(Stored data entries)
● ● ●
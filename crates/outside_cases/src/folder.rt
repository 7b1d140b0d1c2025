//! Calls on a disk over a folder.
ghost use Rattle.std.specs.Prelude.{◌≡◌, None};

use blob_words::PageNo;
use blob_words::bounds::LONGEST_APPEND;
use case_lines::{number, short_number, show, show_read, word};
use page_disk::{FolderDisk, PageDisk};
use std::io;

// Writes a page at once, and tells how far it came.
fn put(disk: &mut FolderDisk<HostRuntime>, page: PageNo, bytes: &[u8]) -> &'static str
    requires closed { ⟦<FolderDisk<HostRuntime> as PageDisk>⟧.writing disk.old ≡ None }
    ensures closed { ⟦<FolderDisk<HostRuntime> as PageDisk>⟧.writing disk.new ≡ None }
{
    if bytes.is_empty() || bytes.len() > LONGEST_APPEND {
        return "no such write";
    }
    if disk.begin(page, bytes.len() as u64).is_err() {
        return "not begun";
    }
    if disk.append(bytes).is_err() || disk.seal().is_err() {
        return "torn";
    }
    "put"
}

// Reads into a line.
fn show_get(rt: &HostRuntime, disk: &mut FolderDisk<HostRuntime>, line: &str) -> io::Result<()>
    requires closed { ⟦<FolderDisk<HostRuntime> as PageDisk>⟧.writing disk.old ≡ None }
    ensures closed { ⟦<FolderDisk<HostRuntime> as PageDisk>⟧.writing disk.new ≡ None }
{
    let mut out = [0u8; 64];
    let (bytes, _) = out.split_at_mut(short_number(line, 4).min(64) as usize);
    let answer = disk.get(PageNo(short_number(line, 2)), number(line, 3), bytes);
    show_read(rt, line, &answer, bytes)
}

// Makes a call on a disk, with a page, and its bytes, or an offset and a count.
fn call_on(rt: &HostRuntime, disk: &mut FolderDisk<HostRuntime>, line: &str) -> io::Result<()>
    requires closed { ⟦<FolderDisk<HostRuntime> as PageDisk>⟧.writing disk.old ≡ None }
    ensures closed { ⟦<FolderDisk<HostRuntime> as PageDisk>⟧.writing disk.new ≡ None }
{
    let page = PageNo(short_number(line, 2));
    match word(line, 1) {
        "put" => show(rt, line, &put(disk, page, word(line, 3).as_bytes())),
        "get" => show_get(rt, disk, line),
        "remove" => show(rt, line, &disk.remove(page)),
        _ => show(rt, line, &"no such call"),
    }
}

/// Makes a call on a disk over a folder. `open` takes a new disk, over the folder of a path.
pub fn call(rt: &HostRuntime, disk: &mut FolderDisk<HostRuntime>, line: &str) -> anyhow::Result<()>
    requires closed { ⟦<FolderDisk<HostRuntime> as PageDisk>⟧.writing disk.old ≡ None }
    ensures closed { ⟦<FolderDisk<HostRuntime> as PageDisk>⟧.writing disk.new ≡ None }
{
    if word(line, 1) == "open" {
        *disk = FolderDisk::new(rt.clone()?, rt.alloc(), word(line, 2))?;
        return Ok(());
    }
    Ok(call_on(rt, disk, line)?)
}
● ● ●
**Exercise instructions**.
Once you reach the line with "use blob_words::PageNo;" in the data above, copy it and every line after it exactly, up to and including the line with "fn call_on(rt: &HostRuntime, disk: &mut".

**Completed task**.
use blob_words::PageNo;
use blob_words::bounds::LONGEST_APPEND;
use case_lines::{number, short_number, show, show_read, word};
use page_disk::{FolderDisk, PageDisk};
use std::io;

// Writes a page at once, and tells how far it came.
fn put(disk: &mut FolderDisk<HostRuntime>, page: PageNo, bytes: &[u8]) -> &'static str
    requires closed { ⟦<FolderDisk<HostRuntime> as PageDisk>⟧.writing disk.old ≡ None }
    ensures closed { ⟦<FolderDisk<HostRuntime> as PageDisk>⟧.writing disk.new ≡ None }
{
    if bytes.is_empty() || bytes.len() > LONGEST_APPEND {
        return "no such write";
    }
    if disk.begin(page, bytes.len() as u64).is_err() {
        return "not begun";
    }
    if disk.append(bytes).is_err() || disk.seal().is_err() {
        return "torn";
    }
    "put"
}

// Reads into a line.
fn show_get(rt: &HostRuntime, disk: &mut FolderDisk<HostRuntime>, line: &str) -> io::Result<()>
    requires closed { ⟦<FolderDisk<HostRuntime> as PageDisk>⟧.writing disk.old ≡ None }
    ensures closed { ⟦<FolderDisk<HostRuntime> as PageDisk>⟧.writing disk.new ≡ None }
{
    let mut out = [0u8; 64];
    let (bytes, _) = out.split_at_mut(short_number(line, 4).min(64) as usize);
    let answer = disk.get(PageNo(short_number(line, 2)), number(line, 3), bytes);
    show_read(rt, line, &answer, bytes)
}

// Makes a call on a disk, with a page, and its bytes, or an offset and a count.
fn call_on(rt: &HostRuntime, disk: &mut FolderDisk<HostRuntime>, line: &str) -> io::Result<()>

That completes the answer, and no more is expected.